慢慢伸出手,绫兮虽然脸上没有表情,心中却甚是忐忑。

“皇…皇上……”

“别动。”萧衍从不顾绫兮的话,轻轻地摸上她的脸,将她嘴边的糕点屑末取下。

绫兮一看这个情况,哑然失笑:“原来是这样,臣妾失态了。”

萧衍从却没有笑,只是看着她。

在一瞬间,萧衍从的温柔殆然消失。他忽地将怀中的绫兮摁在椅上,起身压进。

绫兮大惊失色,原来,冰凝的多心是对的。

“皇…皇上……”

“绫兮,你为何如此惊恐?”萧衍从的表情霎那间严肃起来。

“我…”绫兮见他的语气不似是开玩笑,总而言之,不能在此时暴露出销魂散的事情,“皇上…这是在御书房……”

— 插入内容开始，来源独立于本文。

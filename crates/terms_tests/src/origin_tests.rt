//! What makes internal steps: worked rows.
use super::gate_names::texts_of;
use super::term_list::TermList;
use super::texts::assert_text;
use lotos_listing::LabelFlags;
use lotos_origins::Origin;
use lotos_terms::{Gate, Label};
use std::alloc::{AllocError, Global};
use std::process::Abort;
use std::test::Fail;

/// What is tested, a specification, steps from its start, and the steps that come after these. An internal step is
/// written by what makes it: `i`, `i(` and the name of a hidden gate and `)`, or `i(exit)`.
type Row = (
    &'static str,
    &'static str,
    &'static [&'static str],
    &'static str,
);

/// A hiding above an enabling: an internal step of each kind but that of the text.
const PHASES: &str =
    "specification G [a, b, c] : exit behaviour hide s in ((a; s; exit) |[s]| (s; b; exit)) >> c; exit endspec";

/// A hiding above a call, whose process has the gate by another name.
const CALLED: &str =
    "specification S [a] : noexit behaviour hide b in P [b] where process P [x] : noexit := x; P [x] endproc endspec";

/// A hiding in a process that is called with the gate of the hiding.
const INSIDE: &str =
    "specification S [h] : noexit behaviour P [h] where process P [x] : noexit := hide h in (x; h; P [x]) endproc endspec";

/// Worked out by hand.
const ROWS: &[Row] = &[
    (
        "the internal action of the text",
        "specification S [a] : noexit behaviour i; a; stop endspec",
        &[],
        "i",
    ),
    ("no internal step yet", PHASES, &[], "A"),
    ("a hidden gate of both sides", PHASES, &["A"], "i(S)"),
    (
        "termination of both sides",
        PHASES,
        &["A", "i(S)", "B"],
        "i(exit)",
    ),
    (
        "none after these",
        PHASES,
        &["A", "i(S)", "B", "i(exit)"],
        "C",
    ),
    (
        "two hidings of different gates",
        "specification S [a] : noexit behaviour hide s in hide t in (s; stop [] t; a; stop) endspec",
        &[],
        "i(S) i(T)",
    ),
    (
        "two hidings of the same gate",
        "specification S [a] : noexit behaviour hide s in ((hide s in s; a; stop) ||| s; stop) endspec",
        &[],
        "i(S) i(S)",
    ),
    (
        "a hiding of two gates",
        "specification S [a] : noexit behaviour hide s, t in (s; stop [] t; a; stop) endspec",
        &[],
        "i(S) i(T)",
    ),
    ("a hiding above a call", CALLED, &[], "i(B)"),
    (
        "and above the relabellings that calls leave",
        CALLED,
        &["i(B)", "i(B)", "i(B)"],
        "i(B)",
    ),
    (
        "a hiding above calls of two processes",
        "specification S [a] : noexit behaviour hide c in Q [c] where process Q [y] : noexit := P [y] endproc process P [x] : noexit := x; stop endproc endspec",
        &[],
        "i(C)",
    ),
    ("a gate by the name of a hidden one", INSIDE, &[], "H"),
    (
        "a hiding in a process that is called with other gates",
        INSIDE,
        &["H"],
        "i(H)",
    ),
    (
        "a formal gate that its process hides",
        "specification S [a] : noexit behaviour P [a] where process P [x] : noexit := hide x in x; stop endproc endspec",
        &[],
        "i(X)",
    ),
    (
        "the internal action beside a hidden gate",
        "specification S [a] : noexit behaviour hide s in (i; a; stop [] s; stop) endspec",
        &[],
        "i i(S)",
    ),
    (
        "the internal action of either operand of a choice",
        "specification S [a] : noexit behaviour i; stop [] hide s in s; stop endspec",
        &[],
        "i i(S)",
    ),
    (
        "an internal step of either side",
        "specification S [a] : noexit behaviour (i; stop) ||| (hide s in s; stop) endspec",
        &[],
        "i i(S)",
    ),
    (
        "an internal step of the other side",
        "specification S [a] : noexit behaviour (hide s in s; stop) ||| (hide t in t; stop) endspec",
        &["i(S)"],
        "i(T)",
    ),
    (
        "a side whose internal steps go on for ever",
        "specification S [a] : noexit behaviour L ||| (hide t in t; stop) where process L : noexit := i; L endproc endspec",
        &["i", "i"],
        "i i(T)",
    ),
    (
        "an internal step of either operand of a disabling",
        "specification S [a] : noexit behaviour (i; a; stop) [> (hide t in t; stop) endspec",
        &[],
        "i i(T)",
    ),
    (
        "a disabling after a step of its left operand",
        "specification S [a] : noexit behaviour (i; a; stop) [> (hide t in t; stop) endspec",
        &["i"],
        "A i(T)",
    ),
    (
        "an internal step of the left operand of an enabling",
        "specification S [a] : noexit behaviour (i; exit) >> i; stop endspec",
        &[],
        "i",
    ),
    (
        "and then its termination",
        "specification S [a] : noexit behaviour (i; exit) >> i; stop endspec",
        &["i"],
        "i(exit)",
    ),
    (
        "and then an internal step of the right operand",
        "specification S [a] : noexit behaviour (i; exit) >> i; stop endspec",
        &["i", "i(exit)"],
        "i",
    ),
    (
        "termination of a called process",
        "specification S [a] : noexit behaviour P [a] >> a; stop where process P [x] : exit := x; exit endproc endspec",
        &["A"],
        "i(exit)",
    ),
    (
        "termination in a called process",
        "specification S [a] : noexit behaviour P [a] where process P [x] : noexit := exit >> x; stop endproc endspec",
        &[],
        "i(exit)",
    ),
];

/// Appends the text of an internal step, by what makes it.
pub fn add_text(names: &[String], origin: Origin, into: &mut String) -> Result<(), AllocError> {
    match origin {
        Origin::Text => into.push_str("i"),
        Origin::Termination => into.push_str("i(exit)"),
        Origin::Hidden(gate) => {
            into.push_str("i(")?;
            match names.get(gate.number()) {
                Some(name) => into.push_str(name.as_str())?,
                None => into.push_str("no gate")?,
            }
            into.push_str(")")
        }
    }
}

/// The texts of the steps of the term at an index, each with the index of the term that it leads to.
fn step_texts(
    alloc: Global,
    list: &mut TermList,
    index: usize,
) -> Result<Vec<(String, usize)>, Fail> {
    let names = texts_of(alloc, list.gates())?;
    let steps = list.printed_steps(alloc, index)?;
    let origins = list.origins(alloc, index)?;
    let mut internal = 0;
    let mut texts = Vec::new(alloc);
    for step in &steps {
        let mut text = String::new(alloc);
        match origins.get(internal) {
            Some(origin) if step.text.as_str() == "i" => {
                add_text(names.as_slice(), *origin, &mut text)?;
                internal += 1;
            }
            _ => text.push_str(step.text.as_str())?,
        }
        texts.push((text, step.to))?;
    }
    texts.sort_unstable();
    Ok(texts)
}

/// The index of the term to which the first step with this text leads.
fn target_of(texts: &[(String, usize)], word: &str) -> Option<usize> {
    for (text, to) in texts {
        if text.as_str() == word {
            return Some(*to);
        }
    }
    None
}

/// The texts of the steps after those of a way from the start, in order.
fn texts_after(alloc: Global, text: &str, way: &[&str]) -> Result<String, Fail> {
    let mut list = TermList::new(alloc, text)?;
    let mut index = 0;
    for word in way {
        let texts = step_texts(alloc, &mut list, index)?;
        match target_of(texts.as_slice(), word) {
            Some(to) => index = to,
            None => return Ok(String::from_str(alloc, "no such step")?),
        }
    }
    let mut joined = String::new(alloc);
    for (text, _) in &step_texts(alloc, &mut list, index)? {
        if !joined.is_empty() {
            joined.push_str(" ")?;
        }
        joined.push_str(text.as_str())?;
    }
    Ok(joined)
}

#[test]
fn internal_steps_have_their_origins(rt: HostRuntime) -> Result<(), Fail> {
    for (subject, text, way, expected) in ROWS {
        let found = texts_after(rt.alloc(), text, way)?;
        assert_text(&rt, subject, found.as_str(), expected);
    }
    Ok(())
}

/// What is tested, a specification, a run, the labels that its last term must not have, and the run with its internal
/// steps written by what makes them.
type RunRow = (
    &'static str,
    &'static str,
    &'static [&'static str],
    &'static [&'static str],
    &'static str,
);

/// Two ways to an end, one with a hidden gate and one with the internal action.
const TWO_WAYS: &str =
    "specification S [a, b] : noexit behaviour hide s in (s; a; stop [] i; b; stop) endspec";

/// Worked out by hand.
const RUNS: &[RunRow] = &[
    ("the empty run", PHASES, &[], &[], ""),
    (
        "a run to the end",
        PHASES,
        &["A", "i", "B", "i", "C", "exit"],
        &[],
        "A i(S) B i(exit) C exit",
    ),
    (
        "a run through calls",
        CALLED,
        &["i", "i", "i", "i"],
        &[],
        "i(B) i(B) i(B) i(B)",
    ),
    (
        "a run through a process that hides",
        INSIDE,
        &["H", "i", "H", "i"],
        &[],
        "H i(H) H i(H)",
    ),
    (
        "the end has no step by one label",
        TWO_WAYS,
        &["i"],
        &["A"],
        "i",
    ),
    (
        "the end has no step by another label",
        TWO_WAYS,
        &["i"],
        &["B"],
        "i(S)",
    ),
    ("the way to a label", TWO_WAYS, &["i", "A"], &[], "i(S) A"),
    (
        "the way to another label",
        TWO_WAYS,
        &["i", "B"],
        &[],
        "i B",
    ),
    (
        "a run that is not possible",
        TWO_WAYS,
        &["i", "A", "B"],
        &[],
        "no such run",
    ),
    (
        "a run whose end is refused",
        TWO_WAYS,
        &["i"],
        &["A", "B"],
        "no such run",
    ),
];

/// The label with this text.
fn label_of(names: &[String], word: &str) -> Label {
    for (index, name) in names.iter().enumerate() {
        if name.as_str() == word {
            return Label::Gate(Gate::of_number(index));
        }
    }
    if word == "exit" {
        Label::Exit
    } else {
        Label::Internal
    }
}

/// The labels with these texts.
pub fn labels_of(
    alloc: Global,
    names: &[String],
    words: &[&str],
) -> Result<Vec<Label>, AllocError> {
    let mut labels = Vec::new(alloc);
    for word in words {
        labels.push(label_of(names, word))?;
    }
    Ok(labels)
}

/// The set of the labels with these texts.
fn flags_of(alloc: Global, names: &[String], words: &[&str]) -> Result<LabelFlags, AllocError> {
    let mut flags = LabelFlags::none(alloc);
    for name in names {
        flags.gates.push((&*words).contains(&name.as_str()))?;
    }
    Ok(flags)
}

/// The run with its internal steps written by what makes them.
fn described_run(
    alloc: Global,
    names: &[String],
    words: &[&str],
    origins: &[Origin],
) -> Result<String, AllocError> {
    let mut joined = String::new(alloc);
    let mut internal = 0;
    for word in words {
        if !joined.is_empty() {
            joined.push_str(" ")?;
        }
        match origins.get(internal) {
            Some(origin) if *word == "i" => {
                add_text(names, *origin, &mut joined)?;
                internal += 1;
            }
            _ => joined.push_str(word)?,
        }
    }
    Ok(joined)
}

#[test]
fn runs_have_the_origins_of_their_steps(rt: HostRuntime) -> Result<(), Fail> {
    let alloc = rt.alloc();
    for (subject, text, words, refused, expected) in RUNS {
        let mut list = TermList::new(alloc, text)?;
        let names = texts_of(alloc, list.gates())?;
        let run = labels_of(alloc, names.as_slice(), words)?;
        let flags = flags_of(alloc, names.as_slice(), refused)?;
        let found = match list.run_origins(alloc, run.as_slice(), &flags)? {
            Some(origins) => described_run(alloc, names.as_slice(), words, origins.as_slice())?,
            None => String::from_str(alloc, "no such run")?,
        };
        assert_text(&rt, subject, found.as_str(), expected);
    }
    Ok(())
}

#[test]
fn runs_are_followed_after_others(rt: HostRuntime) -> Result<(), Fail> {
    let alloc = rt.alloc();
    for (subject, text, words, _, _) in RUNS {
        let mut list = TermList::new(alloc, text)?;
        let names = texts_of(alloc, list.gates())?;
        let run = labels_of(alloc, names.as_slice(), words)?;
        let same = list.has_same_ends_after_another(alloc, run.as_slice())?;
        assert!(rt; same, "{subject}");
    }
    Ok(())
}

萧衍从信了她的话,笑道:“怕什么,他们都下去了。这里只有你我两人…”

说罢,萧衍从不再听绫兮说什么,开始褪去绫兮的衣服。

不要……

萧衍从自顾自地吻她,如玉般的肌肤,更是激起了他的欲望。

绫兮绝望了,难道…这真的是她的归宿……

她继续喊,却又不敢喊大声。让门外的人听见,岂不是要闹更大的笑话吗?

她更没想到,此时会出现的那个人。

萧喻辞刚想踏进,远远地看见这一幕,瞳孔骤然收缩。

绫兮被压得透不过气,猛地一惊,看到了久远伫立的萧喻辞,忽然就不叫了。

另个人对视了片刻,默默无语。

喻辞……绫兮只是在心中将这个名字念了千遍,却没有眼泪。她狠狠地咬了咬唇,手放在腰间,“唰”地一下,解开腰带,迎合着萧衍从的一举一动。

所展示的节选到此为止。